Je commence par penser en français...
*ünd isch fange an misch ier eimisch zu fühlen*
Auch wenn's zwischenzeitlich etwas nervig ist, so gewöhne ich mich langsam ans hiesige leben. Auch wenn es den einen oder andren Rückschlag gibt, so puzzelt sich mein Stundenplan zusammen und zeigt sich was hier realisierbar ist und was nich. Was ist also in letzter Zeit so passiert? Ans Busfahrn in die Stadt und auch die Metro habe ich mich gewöhnt, und wenn der Wagen nicht zu überfüllt ist oder sich ein Gespräch ergibt, habe ich immer ein Buch in der Tasche und so wird mir die Zeit nie lang. Mit den Gängen für die Organisatorischen Dinge erkunde ich die relevanten Orte, die mir vertrauter werden und auch die Wege dorthin. So bin ich überwältigt von den unendlichen Welten der hiesigen Biblio- und vorallem MEDIAtheken mit Büchern, CDs, Filmen, die mit dem erworbenen Ausweis frei zugänglich sind!!! Da heisst es: hinein ins Vergnügen und ich frische meine alte Freundschaft mit Büchern u.ä. wieder auf. Auch eine heimliche Liebe tritt langsam ans Licht: frz. HipHop ( ich sach nur IP*OP!!!)
Aber auch ein paar Menschen sind mir schon vertraut. So Maïlys- eine Mitbewohnerin aus dem Wohnheim. Sehr nette Seele mit der ich ab und zu unterwegs bin.***
Einen Platz am conservatoire für Gesangsunterricht etc habe ich nicht bekommen - darum hätte ich mich vor drei Monaten kümmern müssen. dafür habe ich nen Chor gefunden, der abgeht - hola - abgehterderpeter!!!!!!! Der angekündigte R&B/ Soul Workshop entpuppte sich als stimmgewaltiger Chor! Unter erstklassiger Anleitung bringt die buntgemischte Gruppe einen wahnsinns-Sound zu Stande! boah. -ohne Worte- *kribbl*
Schon mal ein Eckstein für meine musikalische Aktivität hier!

Der Weg entlang des Flusses führt mich nicht nur Richtung Innenstadt und dem liebgewonnenen Place St Pierre, sondern ist unglaublich entspannend als morgentlichen Jogging-Strecke...
An das Wohnheim kann man sich gewöhnen. Es ist ein bissel wie Pension. Ein kleines Zimmer, dafür eine Mensa im Haus und ein eifrige Putzfrau, die den Flur und die Sanitäranlagen immer am Glänzen hält!!! RESPECT! Alle zwei Wochen wischt sie sogar das Zimmer! Das ist schonmal sehr arbeits-entlastend und der Haushaltsaufwand ist somit sehr gering und es bleibt Zeit für andres...

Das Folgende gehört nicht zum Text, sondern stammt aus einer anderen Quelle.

//! A journal, gone through from its oldest entry.

ghost use Rattle.std.specs.Prelude.{◌≡◌, IfOk, [], length, reverse, take};
ghost use Rattle.swim_evidence.specs.Evidence.{findings, judged_by_starts, judgements_told};
ghost use Rattle.swim_history.specs.Judgement.{judgements};

use crate::findings::Findings;
use crate::trails::Trail;
use std::alloc::{AllocError, Global};
use swim_history::Journal;

/// What the first entries of a journal tell of judgements, in order: so many, `confirmed`, or all that there are. What
/// later ones tell is left out. `Err` only where memory was refused.
pub fn findings_of(alloc: Global, journal: &Journal, confirmed: u32) -> Result<Findings, AllocError>
    ensures findings { IfOk result (λ found. found.findings.items
        ≡ findings journal.now.opening (reverse (take confirmed (reverse journal.now.past)))) }

    // These judgements are all that there are, each by the rule.
    ensures judgements { IfOk result (λ found. judgements_told found.findings.items
        ≡ judgements journal.now.opening (reverse (take confirmed (reverse journal.now.past)))) }
    ensures periods { IfOk result (λ found. found.periods
        ≡ length (judged_by_starts (reverse (take confirmed (reverse journal.now.past))))) }
{
    if confirmed >= journal.len() && journal.judged_count() == 0 {
        return Ok(nothing_found(alloc, journal));
    }
    walk(alloc, journal, confirmed)
}

/// What all entries of a journal tell that judge nobody.
fn nothing_found(alloc: Global, journal: &Journal) -> Findings
    requires { judgements journal.now.opening journal.now.past ≡ [] }
    ensures findings { result.findings.items ≡ findings journal.now.opening journal.now.past }
    ensures judgements { judgements_told result.findings.items ≡ judgements journal.now.opening journal.now.past }
    ensures periods { result.periods ≡ length (judged_by_starts journal.now.past) }
{
    let began = journal.last_number() - journal.opening().last();
    Findings {
        periods: began as usize,
        findings: Vec::new(alloc),
    }
}

/// What the first entries tell, gone through one by one.
fn walk(alloc: Global, journal: &Journal, confirmed: u32) -> Result<Findings, AllocError>
    ensures findings { IfOk result (λ found. found.findings.items
        ≡ findings journal.now.opening (reverse (take confirmed (reverse journal.now.past)))) }
    ensures judgements { IfOk result (λ found. judgements_told found.findings.items
        ≡ judgements journal.now.opening (reverse (take confirmed (reverse journal.now.past)))) }
    ensures periods { IfOk result (λ found. found.periods
        ≡ length (judged_by_starts (reverse (take confirmed (reverse journal.now.past))))) }
{
    let mut trail = Trail::new(alloc, journal.opening());
    for place in 0..confirmed.min(journal.len()) {
        if let Some(called) = journal.called(place) {
            trail.note(place, called)?;
        }
    }
    Ok(trail.into_findings())
}
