//! What is found in a journal. A place is how many entries stand before an entry.

use arrayvec::ArrayVec;
use swim_history::{MOST_RELAYS, Relay};
use swim_wire::Id;

/// Members that were asked to ping the aim of a period.
#[derive(Debug, PartialEq, Eq, Drop)]
pub struct Ask {
    /// The place of the entry.
    pub place: u32,
    pub relays: ArrayVec<Relay, MOST_RELAYS>,
}

/// An ack of this member's own probes that wasn't one of the aim for the period in which it came.
#[derive(Clone, Copy, Debug, PartialEq, Eq)]
pub struct Stray {
    /// The place of the entry.
    pub place: u32,
    /// Whose ack it was.
    pub member: Id,
    /// The number of the period that it was for.
    pub number: u64,
}

/// What a judgement rests on.
#[derive(Debug, PartialEq, Eq, Drop)]
pub struct Evidence {
    /// The member that was judged failed.
    pub member: Id,
    /// The number of the period at whose end it was.
    pub number: u64,
    /// The place of the start that probed it.
    pub probed: u32,
    /// Who was asked in that period.
    pub ask: Option<Ask>,
    /// The place of the start that judged it.
    pub judged: u32,
}

/// What an entry tells of judgements.
#[derive(Debug, PartialEq, Eq, Drop)]
pub enum Finding {
    /// A member was judged failed.
    Judged(Evidence),
    /// An ack of the member that was judged last came in the period at whose end it was, and was for another period.
    Other(Stray),
    /// An ack came of a member that had been judged failed at the end of the period that it was for.
    Late(Stray),
}

/// What the confirmed entries of a journal tell.
#[derive(Debug, Drop)]
pub struct Findings {
    /// How many periods began.
    pub periods: usize,
    /// What was found, in order.
    pub findings: Vec<Finding>,
}
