//! What a journal file proves of a daemon's run: which of its entries are confirmed, what it comes to, what it tells of
//! judgements, and whether it is the life that followed another; and files of a daemon one after the other.
#![tactic(auto)]

mod confirming;
mod findings;
mod following;
mod sequences;
mod trails;
mod verdicts;
mod walking;

pub use confirming::{Confirmations, Missed};
pub use findings::{Ask, Evidence, Finding, Findings, Stray};
pub use following::{Break, Draw, Heading, first_break};
pub use sequences::{Header, HeaderEnd, Left, Link, Seen, Sequence};
pub use verdicts::{Standing, Verdict, verdict_on};
pub use walking::findings_of;
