//! What a journal file comes to that was played.

ghost use Rattle.std.specs.Prelude.{◌≡◌, ◌↔◌, ◌⊎◌, Some, None, true};
ghost use Rattle.swim_evidence.specs.declared.confirming.Missed.{Missed as Call};
ghost use Rattle.swim_evidence.specs.Verdicts.{IsWhole, IsCut, IsSound, standing_by};

use crate::confirming::{Confirmations, Missed};

/// What a file, or its place among others, is found to be.
#[derive(Clone, Copy, Debug, PartialEq, Eq)]
pub enum Standing {
    /// Nothing speaks against it.
    Sound,
    /// Memory to find it out was refused.
    Starved,
    /// Something speaks against it.
    Accused,
}

/// What a journal file comes to.
#[derive(Clone, Copy, Debug, PartialEq, Eq)]
pub enum Verdict<F> {
    /// Each call's answer stands in it as it was played, and it ends with a whole line.
    Whole,
    /// The same up to its last confirmed entry, behind which it ends in the midst.
    Cut,
    /// This call has no answer, though another call follows.
    Missed(Missed),
    /// It has this fault.
    Faulty(F),
    /// Memory was refused before its end, and nothing is wrong up to there.
    Starved,
}

impl<F> Verdict<F> {
    /// Whether something speaks against the file: nothing does where it is whole or cut.
    pub fn standing(&self) -> Standing
        ensures { result ≡ standing_by self.now }
    {
        match self {
            Verdict::Whole | Verdict::Cut => Standing::Sound,
            Verdict::Starved => Standing::Starved,
            Verdict::Missed(_) | Verdict::Faulty(_) => Standing::Accused,
        }
    }
}

/// The verdict on a file that was played, up to its first fault if it has one. `is_starved` says whether memory was
/// refused before its end, and `is_cut` whether it ends in the midst of a line or of its header.
#[tactic(auto, using(crate::proofs::Standings::sound_where))]
pub fn verdict_on<F: Copy>(
    fault: Option<F>,
    is_starved: bool,
    is_cut: bool,
    confirmations: &Confirmations,
) -> Verdict<F>
    // It is whole exactly where nothing is wrong,
    ensures whole { (result ≡ Verdict.Whole) ↔ IsWhole fault is_starved is_cut confirmations.now }

    // and cut exactly where nothing is wrong but its end.
    ensures cut { (result ≡ Verdict.Cut) ↔ IsCut fault is_starved is_cut confirmations.now }

    // Nothing speaks against it exactly where it is one of these.
    ensures sound { (standing_by result ≡ Standing.Sound)
        ↔ (IsWhole fault is_starved is_cut confirmations.now ⊎ IsCut fault is_starved is_cut confirmations.now) }

    // Want of memory is no fault.
    ensures starved { (result ≡ Verdict.Starved) ↔ (IsSound fault confirmations.now × (is_starved ≡ true)) }

    // A call without an answer stands before the fault that ended the run.
    ensures missed { (call : Call) → (result ≡ Verdict.Missed call) ↔ (confirmations.now.missed ≡ Some call) }
    ensures faulty { (met : F) → (result ≡ Verdict.Faulty met)
        ↔ ((confirmations.now.missed ≡ None) × (fault ≡ Some met)) }
{
    if let Some(call) = confirmations.missed {
        return Verdict::Missed(call);
    }
    match fault {
        Some(met) => Verdict::Faulty(met),
        None if is_starved => Verdict::Starved,
        None if is_cut || confirmations.waiting.is_some() => Verdict::Cut,
        None => Verdict::Whole,
    }
}
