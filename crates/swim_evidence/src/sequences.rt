//! Journal files of a daemon, one after the other: whether each stands behind the one before.

ghost use Rattle.std.specs.Prelude.{◌≡◌, ◌≢◌, ◌↔◌, ◌∷◌, [], List, None, false, true};
ghost use Rattle.swim_evidence.specs.Sequences.{AreGood, FollowsIf, IsSequence, IsUntold, IsWorst, StandsBehind};
ghost use Rattle.swim_evidence.specs.Sequences.{begins_anew, is_comparable, is_told, standing_of, worse};

use crate::following::{Break, Draw, Heading, first_break};
use crate::verdicts::Standing;
use swim_history::Opening;

/// How far a file tells its header.
#[derive(Clone, Copy, Debug, PartialEq, Eq)]
pub enum HeaderEnd {
    /// To its end: a call stands behind it, or it tells a seed.
    Told,
    /// Neither does, and the file ends with a whole line.
    Open,
    /// Neither does, and the file ends in the midst of a line.
    Cut,
}

/// The header of a file.
#[derive(Debug, Drop)]
pub struct Header {
    /// With what its life began.
    pub opening: Opening,
    /// What stands beside that.
    pub heading: Heading,
    pub end: HeaderEnd,
}

/// What a life leaves to the next.
#[derive(Debug, Drop)]
pub struct Left {
    /// With what the next one begins.
    pub opening: Opening,
    /// What stood beside its own opening.
    pub heading: Heading,
}

/// What was seen of a file.
#[derive(Debug, Drop)]
pub struct Seen {
    /// Whether something speaks against the file itself.
    pub standing: Standing,
    /// `None` where no line tells its opening, or that is refused.
    pub header: Option<Header>,
    /// `None` where the file isn't whole.
    pub left: Option<Left>,
}

impl Seen {
    /// A file of which nothing is known but whether something speaks against it.
    pub fn unread(standing: Standing) -> Seen
        ensures { result ≡ record { standing = standing; header = None; left = None } }
    {
        Seen {
            standing,
            header: None,
            left: None,
        }
    }
}

/// How a file stands to the one before it.
#[derive(Clone, Copy, Debug, PartialEq, Eq)]
pub enum Link {
    /// There is none.
    First,
    /// It begins a new start of its daemon.
    NewStart,
    /// It goes on from what that one left, as far as its header is told.
    Follows,
    /// It doesn't.
    Breaks(Break),
    /// What that one left isn't known, as it isn't whole.
    Unknown,
    /// The same, as memory for that one was refused.
    Untold,
}

impl Link {
    /// Whether something speaks against the file's place.
    fn standing(self) -> Standing
        ensures { result ≡ standing_of self }
    {
        match self {
            Link::First | Link::NewStart | Link::Follows => Standing::Sound,
            Link::Breaks(_) | Link::Unknown => Standing::Accused,
            Link::Untold => Standing::Starved,
        }
    }
}

/// Files that were seen one after the other: the last of them, and whether something speaks against any of them or its
/// place.
#[derive(Debug, Drop)]
pub struct Sequence {
    pub(crate) before: Option<Seen>,
    pub(crate) standing: Standing,
}

impl Sequence {
    /// No file was seen.
    pub fn new() -> Sequence
        ensures { IsSequence [] result }
    {
        Sequence {
            before: None,
            standing: Standing::Sound,
        }
    }

    /// This is the next file. It is answered how it stands to the one before it.
    pub fn add(&mut self, now: Seen) -> Link
        ensures link { (standing_of result ≡ Standing.Sound) ↔ StandsBehind self.old.before now }

        // Only where memory was refused for that one, nothing is said against this one's place, though it is unknown.
        ensures untold { (standing_of result ≡ Standing.Starved) ↔ IsUntold self.old.before now }
        ensures standing { self.new.standing ≡ worse (worse self.old.standing now.standing) (standing_of result) }
        ensures seen { (seen : List Seen) → IsSequence seen self.old → IsSequence (now ∷ seen) self.new }
    {
        let link = link_of(&self.before, &now);
        self.standing = self.standing.worse(now.standing).worse(link.standing());
        self.before = Some(now);
        link
    }

    /// Whether something speaks against one of them: the worst of what is found of them and of their places.
    pub fn standing(&self) -> Standing
        ensures value { result ≡ self.now.standing }
        ensures good { (seen : List Seen) → IsSequence seen self.now → (result ≡ Standing.Sound) ↔ AreGood seen }
        ensures worst { (seen : List Seen) → IsSequence seen self.now → IsWorst seen result }
    {
        self.standing
    }
}

impl Standing {
    /// The worse of two: what speaks against one counts more than want of memory.
    pub fn worse(self, other: Standing) -> Standing
        ensures { result ≡ worse self other }
    {
        match (self, other) {
            (Standing::Accused, _) | (_, Standing::Accused) => Standing::Accused,
            (Standing::Starved, _) | (_, Standing::Starved) => Standing::Starved,
            (Standing::Sound, Standing::Sound) => Standing::Sound,
        }
    }
}

/// How a file stands to the one before it, if there is one.
fn link_of(before: &Option<Seen>, now: &Seen) -> Link
    ensures stands { (standing_of result ≡ Standing.Sound) ↔ StandsBehind before.now now.now }
    ensures untold { (standing_of result ≡ Standing.Starved) ↔ IsUntold before.now now.now }
{
    let Some(before) = before else {
        return Link::First;
    };
    if begins_anew(&now.header) {
        return Link::NewStart;
    }
    match (&now.header, &before.left) {
        (None, _) => Link::Follows,
        (Some(header), Some(left)) => link_to(left, header),
        (Some(header), None) => link_to_unknown(before.standing, header.end),
    }
}

/// Whether a file tells that its life is the first of a start.
fn begins_anew(header: &Option<Header>) -> bool
    ensures { result ≡ begins_anew header.now }
{
    match header {
        Some(header) => match &header.heading.draw {
            Some(draw) => draw.life == 0,
            None => false,
        },
        None => false,
    }
}

/// How a file with this header stands to one that left this.
fn link_to(left: &Left, header: &Header) -> Link
    ensures stands { (standing_of result ≡ Standing.Sound)
        ↔ FollowsIf (is_comparable header.now.end left.now.heading.draw) left.now header.now }
    ensures told { standing_of result ≢ Standing.Starved }
{
    if !is_comparable(header.end, &left.heading.draw) {
        return Link::Follows;
    }
    match first_break(
        &left.opening,
        &left.heading,
        &header.opening,
        &header.heading,
    ) {
        Some(met) => Link::Breaks(met),
        None => Link::Follows,
    }
}

/// Whether a header of this end is compared with that of a file which told this draw.
fn is_comparable(end: HeaderEnd, before: &Option<Draw>) -> bool
    ensures { result ≡ is_comparable end before.now }
{
    match end {
        HeaderEnd::Told => true,
        HeaderEnd::Open => before.is_none(),
        HeaderEnd::Cut => false,
    }
}

/// How a file whose header ends so stands to one that is found to be so, and of which it isn't known what it left.
fn link_to_unknown(before: Standing, end: HeaderEnd) -> Link
    ensures stands { (standing_of result ≡ Standing.Sound) ↔ (is_told end ≡ false) }
    ensures untold { (standing_of result ≡ Standing.Starved) ↔ ((is_told end ≡ true) × (before ≡ Standing.Starved)) }
{
    match (end, before) {
        (HeaderEnd::Open | HeaderEnd::Cut, _) => Link::Follows,
        (HeaderEnd::Told, Standing::Starved) => Link::Untold,
        (HeaderEnd::Told, _) => Link::Unknown,
    }
}
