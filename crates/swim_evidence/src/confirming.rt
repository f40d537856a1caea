//! Which entries of a journal file are confirmed: behind whose calls the file tells what they were answered.

ghost use Rattle.std.specs.Prelude.{◌≡◌, ◌+◌, ◌==◌, Some, None, if◌then◌else◌};
ghost use Rattle.swim_evidence.specs.Confirming.{confirmed_with, first_missed, unanswered};

/// A call whose answer no line told before another call followed.
#[derive(Clone, Copy, Debug, PartialEq, Eq)]
pub struct Missed {
    /// The line of the call.
    pub line: u32,
    /// The place that its entry would have, if it made one.
    pub entry: u32,
}

/// What the lines of a journal file have confirmed so far. Lines are counted from 1, and entries from 0.
#[derive(Clone, Copy, Debug, Default, PartialEq, Eq)]
pub struct Confirmations {
    /// How many entries are confirmed, from the first on.
    pub confirmed: u32,
    /// The line of the last call, where no line told its answer so far.
    pub waiting: Option<u32>,
    /// The first call that another followed before its answer was told.
    pub missed: Option<Missed>,
}

impl Confirmations {
    /// The line of that number was a call.
    pub fn call(&mut self, line: u32)
        ensures confirmed { self.new.confirmed ≡ self.old.confirmed }
        ensures waiting { self.new.waiting ≡ Some line }
        ensures missed { self.new.missed ≡ first_missed self.old }
    {
        if self.missed.is_none() {
            self.missed = self.unanswered();
        }
        self.waiting = Some(line);
    }

    /// The call that waits for its answer.
    fn unanswered(&self) -> Option<Missed>
        ensures { result ≡ unanswered self.now.confirmed self.now.waiting }
    {
        Some(Missed {
            line: self.waiting?,
            entry: self.confirmed,
        })
    }

    /// A line told rightly what the entry at that place was answered, which is the newest. An entry that is confirmed
    /// again changes nothing, and none is confirmed behind one that isn't.
    pub fn answer(&mut self, place: u32)
        ensures confirmed { self.new.confirmed ≡ confirmed_with self.old.confirmed place }
        ensures waiting { self.new.waiting ≡ (if place == self.old.confirmed then None else self.old.waiting) }
        ensures missed { self.new.missed ≡ self.old.missed }
    {
        if place == self.confirmed {
            self.confirmed = self.confirmed.saturating_add(1);
            self.waiting = None;
        }
    }
}
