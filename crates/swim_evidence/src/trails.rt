//! A journal as it is gone through, entry by entry.

ghost use Rattle.std.specs.Prelude.{◌≡◌, ◌∷◌, ◌++◌, [], ◌-◌, List, Option, Some, None, OnOk, length, map, slice_get};
ghost use Rattle.swim_history.specs.declared.entries.Choice.{Choice};
ghost use Rattle.swim_history.specs.declared.entries.Entry.{Entry};
ghost use Rattle.swim_history.specs.Called.{entry_of};
ghost use Rattle.swim_history.specs.Setting.{Setting};
ghost use Rattle.swim_evidence.specs.Evidence.{evidence, is_judged, is_probed, late, of_probed, probing_by, stray_in};
ghost use Rattle.swim_evidence.specs.Trail.{Follows};

use crate::findings::{Ask, Evidence, Finding, Findings, Stray};
use std::alloc::{AllocError, Global};
use swim_history::{Call, Called, DropReason, Opening, Probe, Reply};
use swim_wire::Id;

/// A start that probed, and its place.
#[derive(Clone, Copy)]
pub struct Probing {
    pub place: u32,
    pub probe: Probe,
}

/// What is known of the entries gone through: of the period that runs who was probed, who was asked, and which acks of
/// that member were strays; whom each start judged; and what was found.
#[derive(Drop)]
pub struct Trail {
    pub last: u64,
    pub probing: Option<Probing>,
    pub ask: Option<Ask>,
    pub strays: Vec<Stray>,
    pub judged: Vec<Option<Id>>,
    pub findings: Vec<Finding>,
}

impl Trail {
    /// The trail of no entry.
    pub fn new(alloc: Global, opening: &Opening) -> Trail
        ensures { Follows opening.now [] result }
    {
        Trail {
            last: opening.last(),
            probing: None,
            ask: None,
            strays: Vec::new(alloc),
            judged: Vec::new(alloc),
            findings: Vec::new(alloc),
        }
    }

    /// Goes one entry on, which stands at that place and has this call and this reply. `Err` only where memory was
    /// refused.
    pub fn note(&mut self, place: u32, called: Called) -> Result<(), AllocError>
        ensures { (o : Setting) (h : List Entry) (choice : Choice) → Follows o h self.old → place ≡ length h →
            OnOk result (Follows o (entry_of called choice ∷ h) self.new) }
    {
        match called.reply {
            Reply::Started { judged, probe } => self.start(place, judged, probe),
            Reply::Asked { relays, .. } => {
                self.ask = Some(Ask { place, relays });
                Ok(())
            }
            Reply::Dropped(DropReason::Stray) => self.note_stray(place, called.call),
            _ => Ok(()),
        }
    }

    /// What was found.
    pub fn into_findings(self) -> Findings
        ensures findings { result.findings.items ≡ self.findings.items }
        ensures periods { result.periods ≡ length self.judged.items }
    {
        Findings {
            periods: self.judged.len(),
            findings: self.findings,
        }
    }

    /// A period ends, and the next begins.
    fn start(
        &mut self,
        place: u32,
        judged: Option<Id>,
        probe: Option<Probe>,
    ) -> Result<(), AllocError>
        ensures last { OnOk result (self.new.last ≡ self.old.last) }
        ensures probing { OnOk result (self.new.probing ≡ probing_by place probe) }
        ensures ask { OnOk result (self.new.ask ≡ None) }
        ensures strays { OnOk result (self.new.strays.items ≡ []) }
        ensures judged { OnOk result (self.new.judged.items ≡ self.old.judged.items ++ judged ∷ []) }
        ensures findings { OnOk result (self.new.findings.items ≡ self.old.findings.items
            ++ evidence place self.old.ask self.old.strays.items judged self.old.probing) }
    {
        let ask = self.ask.take();
        if let (Some(member), Some(probing)) = (judged, self.probing) {
            self.findings.push(Finding::Judged(Evidence {
                member,
                number: probing.probe.number,
                probed: probing.place,
                ask,
                judged: place,
            }))?;
            add_others(&mut self.findings, self.strays.as_slice())?;
        }
        self.strays.clear();
        self.judged.push(judged)?;
        self.probing = probe.map(|probe| Probing { place, probe });
        Ok(())
    }

    /// An ack came that wasn't one of the aim for the period that runs.
    fn note_stray(&mut self, place: u32, call: Call) -> Result<(), AllocError>
        ensures last { OnOk result (self.new.last ≡ self.old.last) }
        ensures probing { OnOk result (self.new.probing ≡ self.old.probing) }
        ensures ask { OnOk result (self.new.ask ≡ self.old.ask) }
        ensures strays { OnOk result (self.new.strays.items ≡ self.old.strays.items
            ++ of_probed self.old.probing (stray_in place call (Reply.Dropped DropReason.Stray))) }
        ensures judged { OnOk result (self.new.judged.items ≡ self.old.judged.items) }
        ensures findings { OnOk result (self.new.findings.items ≡ self.old.findings.items
            ++ late self.old.judged.items self.old.last (stray_in place call (Reply.Dropped DropReason.Stray))) }
    {
        match stray_at(place, call) {
            Some(stray) => self.add_stray(&stray),
            None => Ok(()),
        }
    }

    fn add_stray(&mut self, stray: &Stray) -> Result<(), AllocError>
        ensures last { OnOk result (self.new.last ≡ self.old.last) }
        ensures probing { OnOk result (self.new.probing ≡ self.old.probing) }
        ensures ask { OnOk result (self.new.ask ≡ self.old.ask) }
        ensures strays { OnOk result (self.new.strays.items
            ≡ self.old.strays.items ++ of_probed self.old.probing (Some stray.now)) }
        ensures judged { OnOk result (self.new.judged.items ≡ self.old.judged.items) }
        ensures findings { OnOk result (self.new.findings.items
            ≡ self.old.findings.items ++ late self.old.judged.items self.old.last (Some stray.now)) }
    {
        if self.is_late(stray) {
            self.findings.push(Finding::Late(*stray))?;
        }
        if self.is_of_probed(stray) {
            self.strays.push(*stray)?;
        }
        Ok(())
    }

    /// Whether its member was judged failed at the end of the period that it is for.
    fn is_late(&self, stray: &Stray) -> bool
        ensures { result ≡ is_judged (slice_get self.now.judged.items (stray.now.number - self.now.last)) stray.now.member }
    {
        let ended = stray.number.saturating_sub(self.last);
        match self.judged.get(ended as usize) {
            Some(Some(judged)) => *judged == stray.member,
            _ => false,
        }
    }

    /// Whether it is one of the member that was probed when the period began.
    fn is_of_probed(&self, stray: &Stray) -> bool
        ensures { result ≡ is_probed self.now.probing stray.now.member }
    {
        match self.probing {
            Some(probing) => probing.probe.target == stray.member,
            None => false,
        }
    }
}

/// Adds the strays of a member that was judged.
fn add_others(findings: &mut Vec<Finding>, strays: &[Stray]) -> Result<(), AllocError>
    ensures { OnOk result (findings.new.items ≡ findings.old.items ++ map Finding.Other strays.now) }
{
    for stray in strays {
        findings.push(Finding::Other(*stray))?;
    }
    Ok(())
}

/// The stray that a call was, which was dropped as one.
fn stray_at(place: u32, call: Call) -> Option<Stray>
    ensures { result ≡ stray_in place call (Reply.Dropped DropReason.Stray) }
{
    match call {
        Call::Hear(_, message) => Some(Stray {
            place,
            member: message.target,
            number: message.number.get(),
        }),
        _ => None,
    }
}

Ein grossartiges Erlebnis war das Konzert von Dee Dee Bridgewater. Nachdem ich zum Forumsgespräch im fnac war und sie als normalen Menschen wahrnehmen konnte, habe ich dann doch kurzerhand entschieden zum Konzert zu gehen. Ich habe es nicht bereut!!! Kurz vor Konzert-Beginn habe ich eine letzte Karte mit deluxe-Platz ergattert. 3.Reihe-Mitte. Als wär er für mich reserviert gewesen
Es war ein Genuss!!! Eine Frau mit Seele, Stimme, Esprit, Humor und Anmut! Meinen grössten Respekt! ***

Dieser Abend bescherte mir eine neue Vokabel, denn es regnete in Strömen, was mir das Vergnügen einbrachte, durchgeweicht bis auf die Haut zu gewesen zu sein. Franzosen drücken das aus mit: >trempé jusqu'aux os<  (wortwörtlich "nass bis auf die Knochen"!!!).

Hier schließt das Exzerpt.